**PROBLEM STATEMENT**: The first line of the entries through the line bearing "const PARSES: &str": copy these lines exactly and return nothing else.
+++ DATA SECTION +++
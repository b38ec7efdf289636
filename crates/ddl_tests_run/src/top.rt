mod modules;

use ddl_outside::{Files, Length, MemFiles, MemSink, Piece};
use ddl_top::{Status, run};
use std::alloc::Global;
use std::process::Abort;
use std::test::Fail;

/// Room for any line of these tests.
const AMPLE: usize = 200_000;

const BLOCK: &str = "def Main = block { x = UInt8; let y = Match \"b\"; ^ y; END }";

const PARSES: &str = "{\"end\":2,\"in\":\"input\",\"value\":{\"x\":97}}\n{\"parses\":1}\n";

const LAID_OUT: &str = "def Main = (block\n\tUInt8\n        UInt8)";

const SHOWN: &str = "def Main = ( block { UInt8 ; UInt8 } )\n";

const READ: &str = "{\"stopped\":\"read\"}\n";

const WORDS: &str = "{\"stopped\":\"words\"}\n";

/// A call: its words with a space between them, the files `A.ddl` and `in`, and what it answers.
struct Row {
    words: &'static str,
    module: &'static str,
    input: &'static str,
    status: Status,
    text: &'static str,
}

const RUNS: [Row; 10] = [
    Row {
        words: "run A in",
        module: "def Main = Match \"ab\"",
        input: "ab",
        status: Status::Parses,
        text: "{\"end\":2,\"in\":\"input\",\"value\":[97,98]}\n{\"parses\":1}\n",
    },
    Row {
        words: "run A in",
        module: "def Main = Match \"ab\"",
        input: "",
        status: Status::NoParse,
        text: "{\"fail\":{\"at\":0,\"from\":11,\"in\":\"input\",\"module\":\"A\",\"to\":21,\"why\":\"match\"}}\n",
    },
    Row {
        words: "run A A.ddl",
        module: "def Main = block { Match \"def\"; x = UInt8 }",
        input: "",
        status: Status::Parses,
        text: "{\"end\":4,\"in\":\"input\",\"value\":{\"x\":32}}\n{\"parses\":1}\n",
    },
    Row {
        words: "run A in",
        module: BLOCK,
        input: "ab",
        status: Status::Parses,
        text: PARSES,
    },
    Row {
        words: "run A in",
        module: "def Main = block { $$ = UInt8; Match \"b\" }",
        input: "ab",
        status: Status::Parses,
        text: "{\"end\":2,\"in\":\"input\",\"value\":97}\n{\"parses\":1}\n",
    },
    Row {
        words: "run dir/A in",
        module: "def Main = block { UInt8; UInt8 }",
        input: "a",
        status: Status::NoParse,
        text: "{\"fail\":{\"at\":1,\"from\":26,\"in\":\"input\",\"module\":\"A\",\"to\":31,\"why\":\"byte\"}}\n",
    },
    Row {
        words: "run A in",
        module: "def Main = block { ^ z }",
        input: "",
        status: Status::Refused,
        text: "{\"refused\":{\"code\":\"names.1\",\"from\":21,\"module\":\"A\",\"more\":[],\"to\":22}}\n",
    },
    Row {
        words: "run A in",
        module: "-- one byte\ndef Main = -- in a block\n  block\n    (UInt8)\n",
        input: "a",
        status: Status::Parses,
        text: "{\"end\":1,\"in\":\"input\",\"value\":97}\n{\"parses\":1}\n",
    },
    Row {
        words: "run B in",
        module: BLOCK,
        input: "ab",
        status: Status::Missing,
        text: "{\"name\":\"B.ddl\",\"stopped\":\"missing\"}\n",
    },
    Row {
        words: "run A out",
        module: BLOCK,
        input: "ab",
        status: Status::Missing,
        text: "{\"name\":\"out\",\"stopped\":\"missing\"}\n",
    },
];

const OTHERS: [Row; 9] = [
    Row {
        words: "run A",
        module: BLOCK,
        input: "ab",
        status: Status::Words,
        text: WORDS,
    },
    Row {
        words: "run A in --budget 0",
        module: BLOCK,
        input: "ab",
        status: Status::Words,
        text: WORDS,
    },
    Row {
        words: "show A",
        module: LAID_OUT,
        input: "",
        status: Status::Parses,
        text: SHOWN,
    },
    Row {
        words: "show A in",
        module: LAID_OUT,
        input: "",
        status: Status::Words,
        text: WORDS,
    },
    Row {
        words: "run A in",
        module: "def Main = ^ 340282366920938463463374607431768211456",
        input: "",
        status: Status::Refused,
        text: "{\"refused\":{\"code\":\"lex.4\",\"from\":13,\"module\":\"A\",\"more\":[],\"to\":13}}\n",
    },
    Row {
        words: "run A out",
        module: "def Main =",
        input: "",
        status: Status::Refused,
        text: "{\"refused\":{\"code\":\"syntax.1\",\"from\":10,\"module\":\"A\",\"more\":[\"3\"],\"to\":10}}\n",
    },
    Row {
        words: "show A",
        module: "def Main = @",
        input: "",
        status: Status::Refused,
        text: "{\"refused\":{\"code\":\"lex.1\",\"from\":11,\"module\":\"A\",\"more\":[],\"to\":11}}\n",
    },
    Row {
        words: "run A in",
        module: "def Main = \"ab",
        input: "",
        status: Status::Refused,
        text: "{\"refused\":{\"code\":\"lex.2\",\"from\":11,\"module\":\"A\",\"more\":[],\"to\":11}}\n",
    },
    Row {
        words: "run A in",
        module: "def Main = \"\\q\"",
        input: "",
        status: Status::Refused,
        text: "{\"refused\":{\"code\":\"lex.3\",\"from\":12,\"module\":\"A\",\"more\":[],\"to\":12}}\n",
    },
];

/// The words of a line, one at each space.
fn words(alloc: Global, line: &str) -> Result<Vec<String>, Fail> {
    let mut words = Vec::new(alloc);
    for word in line.split(' ') {
        words.push(String::from_str(alloc, word)?)?;
    }
    Ok(words)
}

/// The module as `A.ddl` and `dir/A.ddl`, and the input as `in`; the call of this number fails,
/// and with 0 none.
fn files(alloc: Global, module: &[u8], input: &[u8], failing: u64) -> Result<MemFiles, Fail> {
    let mut files = MemFiles::new(alloc);
    files.add("A.ddl", module.to_vec(alloc)?)?;
    files.add("dir/A.ddl", module.to_vec(alloc)?)?;
    files.add("in", input.to_vec(alloc)?)?;
    if failing > 0 {
        files.fail_at(failing)?;
    }
    Ok(files)
}

/// Each row of a table is answered as it says.
fn answers(rt: &impl Abort, alloc: Global, rows: &[Row]) -> Result<(), Fail> {
    for row in rows {
        let mut files = files(alloc, row.module.as_bytes(), row.input.as_bytes(), 0)?;
        let mut out = MemSink::new(alloc, AMPLE)?;
        let status = run(alloc, &words(alloc, row.words)?, &mut files, &mut out);
        assert!(rt; status == row.status, "at {} of {}", row.words, row.module);
        assert_eq!(rt;
            out.bytes(),
            row.text.as_bytes(),
            "at {} of {}",
            row.words,
            row.module
        );
    }
    Ok(())
}

#[test]
fn runs(rt: HostRuntime) -> Result<(), Fail> {
    answers(&rt, rt.alloc(), &RUNS)
}

#[test]
fn other_answers(rt: HostRuntime) -> Result<(), Fail> {
    answers(&rt, rt.alloc(), &OTHERS)
}

/// Files of which each read tells one byte.
#[derive(Drop)]
struct OneByOne {
    files: MemFiles,
}

impl Files for OneByOne {
    ghost use Rattle.ddl_outside.specs.MemFiles.{files_state};
    ghost use Rattle.ddl_outside.specs.Told.{told_in_held};

    ghost state = { λ f. files_state f.files };

    ghost told_is_held = { λ f name n told. told_in_held f.files.files name n told };

    fn length(&mut self, name: &str) -> Length {
        self.files.length(name)
    }

    fn read(&mut self, name: &str, at: u64, into: &mut [u8]) -> Piece {
        match self.files.read(name, at, into) {
            Piece::Got(_) => Piece::Got(1),
            piece => piece,
        }
    }
}

/// The module and the input are read on where a read gives less than was asked for.
#[test]
fn short_reads_go_on(rt: HostRuntime) -> Result<(), Fail> {
    let alloc = rt.alloc();
    let files = files(alloc, BLOCK.as_bytes(), b"ab", 0)?;
    let mut files = OneByOne { files };
    let mut out = MemSink::new(alloc, AMPLE)?;
    let status = run(alloc, &words(alloc, "run A in")?, &mut files, &mut out);
    assert!(rt; status == Status::Parses);
    assert_eq!(rt; out.bytes(), PARSES.as_bytes());
    Ok(())
}

/// Each of the calls of the files fails in turn: the length and the bytes of the module, and of the input where there
/// is one.
fn each_read_fails(rt: &impl Abort, alloc: Global, row: &Row, calls: u64) -> Result<(), Fail> {
    for failing in 1..=calls {
        let mut files = files(alloc, row.module.as_bytes(), row.input.as_bytes(), failing)?;
        let mut out = MemSink::new(alloc, AMPLE)?;
        let status = run(alloc, &words(alloc, row.words)?, &mut files, &mut out);
        assert!(rt; status == Status::ReadFault, "call {failing}");
        assert_eq!(rt; out.bytes(), READ.as_bytes(), "call {failing}");
    }
    Ok(())
}

#[test]
fn a_failed_read_stops(rt: HostRuntime) -> Result<(), Fail> {
    each_read_fails(&rt, rt.alloc(), &RUNS[2], 4)?;
    each_read_fails(&rt, rt.alloc(), &OTHERS[2], 2)
}

/// A sink of each room below the whole takes what fits, and then its write fails.
fn each_room_is_filled(rt: &impl Abort, alloc: Global, row: &Row) -> Result<(), Fail> {
    let text = row.text.as_bytes();
    for room in 0..text.len() {
        let mut files = files(alloc, row.module.as_bytes(), row.input.as_bytes(), 0)?;
        let mut out = MemSink::new(alloc, room)?;
        let status = run(alloc, &words(alloc, row.words)?, &mut files, &mut out);
        assert!(rt; status == Status::WriteFault);
        assert_eq!(rt; out.bytes(), &text[..room]);
    }
    Ok(())
}

#[test]
fn a_failed_write_leaves_a_first_part(rt: HostRuntime) -> Result<(), Fail> {
    let alloc = rt.alloc();
    each_room_is_filled(&rt, alloc, &RUNS[2])?;
    each_room_is_filled(&rt, alloc, &OTHERS[2])?;
    for failing in 1..3 {
        let mut files = files(alloc, BLOCK.as_bytes(), b"ab", 0)?;
        let mut out = MemSink::new(alloc, AMPLE)?;
        out.fail_at(failing)?;
        let status = run(alloc, &words(alloc, "run A in")?, &mut files, &mut out);
        assert!(rt; status == Status::WriteFault);
        let first = if failing == 1 { 0 } else { 40 };
        assert_eq!(rt; out.bytes(), &PARSES.as_bytes()[..first], "call {failing}");
    }
    Ok(())
}

/// What `run A in` answers of a module and an input of zero bytes.
fn answer_of(
    rt: &impl Abort,
    alloc: Global,
    module: Vec<u8>,
    input: u64,
    status: Status,
    text: &str,
) -> Result<(), Fail> {
    let mut files = MemFiles::new(alloc);
    files.add("A.ddl", module)?;
    files.add_zeros("in", input)?;
    let mut out = MemSink::new(alloc, AMPLE)?;
    let status = run(alloc, &words(alloc, "run A in")?, &mut files, &mut out);
    assert!(rt; status == status);
    assert_eq!(rt; out.bytes(), text.as_bytes());
    Ok(())
}

/// So many copies of a byte behind other bytes.
fn padded(out: &mut Vec<u8>, byte: u8, count: usize) -> Result<(), Fail> {
    for _ in 0..count {
        out.push(byte)?;
    }
    Ok(())
}

#[test]
fn a_large_input(rt: HostRuntime) -> Result<(), Fail> {
    let module = b"def Main = Match \"ab\"".to_vec(rt.alloc())?;
    answer_of(
        &rt,
        rt.alloc(),
        module,
        (1 << 30) + 1,
        Status::TooLarge,
        "{\"stopped\":\"large\"}\n",
    )
}

#[test]
fn too_many_tokens(rt: HostRuntime) -> Result<(), Fail> {
    let mut module = Vec::new(rt.alloc());
    padded(&mut module, b';', (1 << 20) + 1)?;
    let text =
        "{\"refused\":{\"code\":\"lex.5\",\"from\":1048576,\"module\":\"A\",\"more\":[],\"to\":1048576}}\n";
    answer_of(&rt, rt.alloc(), module, 0, Status::Refused, text)
}

#[test]
fn too_deep(rt: HostRuntime) -> Result<(), Fail> {
    let mut module = b"def Main = ".to_vec(rt.alloc())?;
    padded(&mut module, b'(', 200)?;
    module.extend_from_slice(b"UInt8")?;
    padded(&mut module, b')', 200)?;
    let text =
        "{\"refused\":{\"code\":\"syntax.2\",\"from\":210,\"module\":\"A\",\"more\":[\"202\"],\"to\":211}}\n";
    answer_of(&rt, rt.alloc(), module, 0, Status::Refused, text)
}

#[test]
fn a_long_module(rt: HostRuntime) -> Result<(), Fail> {
    let alloc = rt.alloc();
    let mut files = MemFiles::new(alloc);
    files.add_zeros("A.ddl", (1 << 22) + 1)?;
    let mut out = MemSink::new(alloc, AMPLE)?;
    let status = run(alloc, &words(alloc, "run A in")?, &mut files, &mut out);
    assert!(rt; status == Status::Refused);
    let text =
        "{\"refused\":{\"code\":\"load.3\",\"from\":0,\"module\":\"A\",\"more\":[\"4194305\"],\"to\":0}}\n";
    assert_eq!(rt; out.bytes(), text.as_bytes());
    Ok(())
}

#[test]
fn numbers(rt: HostRuntime) {
    assert_eq!(rt; Status::Parses.number(), 0);
    assert_eq!(rt; Status::TooLarge.number(), 10);
}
+++
**TASK SOLUTION**:
repository b38ec7efdf289636
filename crates/ddl_tests_run/src/top.rt
mod modules;

use ddl_outside::{Files, Length, MemFiles, MemSink, Piece};
use ddl_top::{Status, run};
use std::alloc::Global;
use std::process::Abort;
use std::test::Fail;

/// Room for any line of these tests.
const AMPLE: usize = 200_000;

const BLOCK: &str = "def Main = block { x = UInt8; let y = Match \"b\"; ^ y; END }";

const PARSES: &str = "{\"end\":2,\"in\":\"input\",\"value\":{\"x\":97}}\n{\"parses\":1}\n";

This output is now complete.